Detmold. Lutz Rademacher bleibt bis zur Spielzeit 2020/2021 Generalmusikdirektor des Landestheaters. Die Theater-Geschäftsführung hat Rademachers Vertrag soeben um drei Spielzeiten verlängert.

Der Vertrag Rademachers, der seit der Spielzeit 2013/14 Generalmusikdirektor (GMD) in Detmold ist, war bislang bis zum Sommer 2018 befristet. Er leiste künstlerisch hervorragende Arbeit, und das Orchester habe sich unter seiner Leitung sehr gut entwickelt, lobte Intendant Kay Metzger das Wirken Rademachers.

„Er hat sich, nachdem er das Amt angetreten hatte, seiner Aufgabe außerdem sehr schnell und sehr kompetent gewidmet. Für mich stellt Lutz Rademacher eine große Hilfe dar", sagte Metzger. Auch Aufsichtsratsvorsitzender Dr. Axel Lehmann würdigte die Leistungen Rademachers. Der Generalmusikdirektor selbst sagte, er freue sich darauf, weiter an der Qualität und der stilistischen Bandbreite des Symphonischen Orchesters des Landestheaters arbeiten zu können.

Er hat in Detmold die Konzertreihe „Akkordverdächtig" ins Leben gerufen und dafür gesorgt, dass das Ensemble nicht ausschließlich im Orchestergraben – als für ihn wichtige Einstudierungen nannte der GMD hier George Benjamins „Written on Skin" sowie Richard Wagners „Die Meistersinger von Nürnberg" –, sondern auch auf dem Konzertpodium in Erscheinung tritt.

Dieses Ziel will er auch künftig verfolgen. Rademacher: „Ich möchte Kooperationen ausbauen und das Orchester weiter in der Region verankern. Ich möchte aber auch zeigen, dass wir kein reines Opernorchester sind, sondern das Orchester der Stadt Detmold, das selbstverständlich auch Konzerte gibt."

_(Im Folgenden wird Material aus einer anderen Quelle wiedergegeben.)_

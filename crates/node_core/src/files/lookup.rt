//! Lookups.

ghost use Rattle.std.specs.Prelude.{[], ◌∷◌, IfOk};
ghost use Rattle.wire_msg.specs.declared.note.Note.TheVariants as note;
ghost use Rattle.wire_msg.specs.declared.reply.Reply.TheVariants as reply;
ghost use Rattle.overlay_rules.specs.State.{State};
ghost use Rattle.overlay_rules.specs.Outcome.{before, replied as replied_of};
ghost use Rattle.overlay_rules.specs.Routed.{on_lookup as on_lookup_of};
ghost use Rattle.node_parts.specs.Change.{waited};
ghost use Rattle.node_parts.specs.Plans.{Plans};
ghost use Rattle.node_core.specs.Rows.{IsRow};

use crate::request::{Request, Served, routed};
use node_parts::{Change, Node, Prepared, one_more};
use overlay_rules::Asked;
use ring_math::{Id, OutOfMemory};
use std::alloc::Global;
use wire_msg::{Message, Note, Notes, Reply, Sends};

/// A lookup that came so far is delivered, and replied.
fn delivered(
    node: Id,
    alloc: Global,
    request: &Request,
    key: Id,
    hops: u16,
) -> Result<Prepared, OutOfMemory>
    ensures { (s : State) → IfOk result (λ p. Plans s p
        (before [] (note.Delivered request.now.origin request.now.number key hops ∷ [])
        (replied_of (waited request.now.wait s) Asked.Lookup request.now.origin request.now.number (reply.Delivered node hops)))) }
{
    let mut notes = Notes::new(alloc);
    notes.push(Note::Delivered {
        origin: request.origin,
        number: request.number,
        key,
        hops,
    })?;
    let first = Prepared {
        messages: Sends::new(alloc),
        notes,
        change: Change::waits(request.wait),
    };
    first.and_replied(
        alloc,
        Asked::Lookup,
        request.origin,
        request.number,
        Reply::Delivered { node, hops },
    )
}

/// The row of a lookup.
#[inline(never)]
pub(crate) fn on_lookup(
    node: &Node,
    alloc: Global,
    request: &Request,
    key: Id,
    hops: u16,
) -> Result<Prepared, OutOfMemory>
    ensures { IsRow node.now request.now.wait (λ s. on_lookup_of s request.now.origin request.now.number key hops) result }
{
    match routed(node, key) {
        Served::Here => delivered(node.me, alloc, request, key, hops),
        Served::On { node: next } => {
            let message = Message::Lookup {
                origin: request.origin,
                number: request.number,
                key,
                hops: one_more(hops),
            };
            request.passed_on(alloc, next, message)
        }
        Served::Refused { reply } => request.replied(alloc, Asked::Lookup, reply),
    }
}
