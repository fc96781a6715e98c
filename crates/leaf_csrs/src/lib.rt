//! The ways of CSR instructions where a leaf stands: how an instruction may use each register, what that says of its
//! variables, and which accesses are refused. It stands on `leaf_stand` and `leaf_link`. It promises that each set has just
//! the words that the usage lets through, and that the ways of all registers and usages are together those of the
//! definition.
#![tactic(auto)]

mod accesses;
mod laws;
mod numbers;
mod refused;
mod usage;

pub use laws::{denied_are_refused, granted_are_usages};
pub use refused::refused_cut;
pub use usage::{Usage, usage_cut, usages_of};
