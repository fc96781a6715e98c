// What an instruction has access to.

ghost use Rattle.std.specs.Prelude.{◌≡◌};
ghost use Rattle.rv_csr.specs.Access.{access_of};
ghost use Rattle.rv_csr.specs.Table.{address_of};
ghost use Rattle.rv_hart.specs.Privileged.{is_swap};
ghost use Rattle.leaf_link.specs.Controls.{is_denied};
ghost use Rattle.leaf_csrs.specs.Usages.{refuses};

use leaf_stand::Stand;
use rv_csr::{CsrAccess, Register, row_of};
use rv_isa::Op;

/// Whether the operation writes whatever the field of its operand is.
pub fn is_swap(op: Op) -> bool
    ensures { result ≡ is_swap op }
{
    matches!(op, Op::Csrrw | Op::Csrrwi)
}

/// Whether an access to a register is illegal.
fn is_denied(stand: &Stand, register: Register, writes: bool) -> bool
    ensures { result ≡ is_denied (access_of stand.now.csrs.mstatus (address_of register) stand.now.privilege writes) }
{
    match stand
        .csrs
        .access(row_of(register).address(), stand.privilege, writes)
    {
        CsrAccess::Denied => true,
        CsrAccess::Granted(_) | CsrAccess::Outside => false,
    }
}

/// Whether a register may not be accessed or, at `written`, may only be read.
pub fn refuses(stand: &Stand, written: bool, register: Register) -> bool
    ensures { result ≡ refuses stand.now written register }
{
    if written {
        !is_denied(stand, register, false) && is_denied(stand, register, true)
    } else {
        is_denied(stand, register, false)
    }
}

Noch vier Kandidaten für Metzger-Nachfolge

Vor dem Hintergrund des anstehenden Intendantenwechsels – Metzger geht zur Spielzeit 2017/18 als Intendant ans Theater Ulm – sei es den Verantwortlichen zudem darum gegangen, durch die Vertragsverlängerung eine gewisse Kontinuität zu gewährleisten, sagte Lehmann.

„Wenn man einen langjährigen Intendanten gehen lassen muss, ist es sinnvoll, eine weitere wichtige Führungsposition stabil zu halten." Dies gelte insbesondere mit Blick auf die Position des Detmolder Hauses auf dem Abstechermarkt, auf dem die Sparte des Musiktheaters eine bedeutende Rolle spielt.

Die Suche nach einem neuen Intendanten für das Detmolder Landestheater liege derweil im Zeitplan, berichtete Lehmann darüber hinaus. Eine erste Runde, in der sich Bewerber der eigens gegründeten Findungskommission vorgestellt haben, sei bereits gelaufen. Ein zweiter Durchgang mit vier verbleibenden Kandidaten sei für Anfang Mai geplant.

Insgesamt hatten rund 50 Kandidaten ihre Bewerbungen für die Metzger-Nachfolge beim Landestheater abgegeben. Die Verantwortlichen hoffen, den neuen Intendanten noch in der aktuellen Spielzeit vorstellen zu können.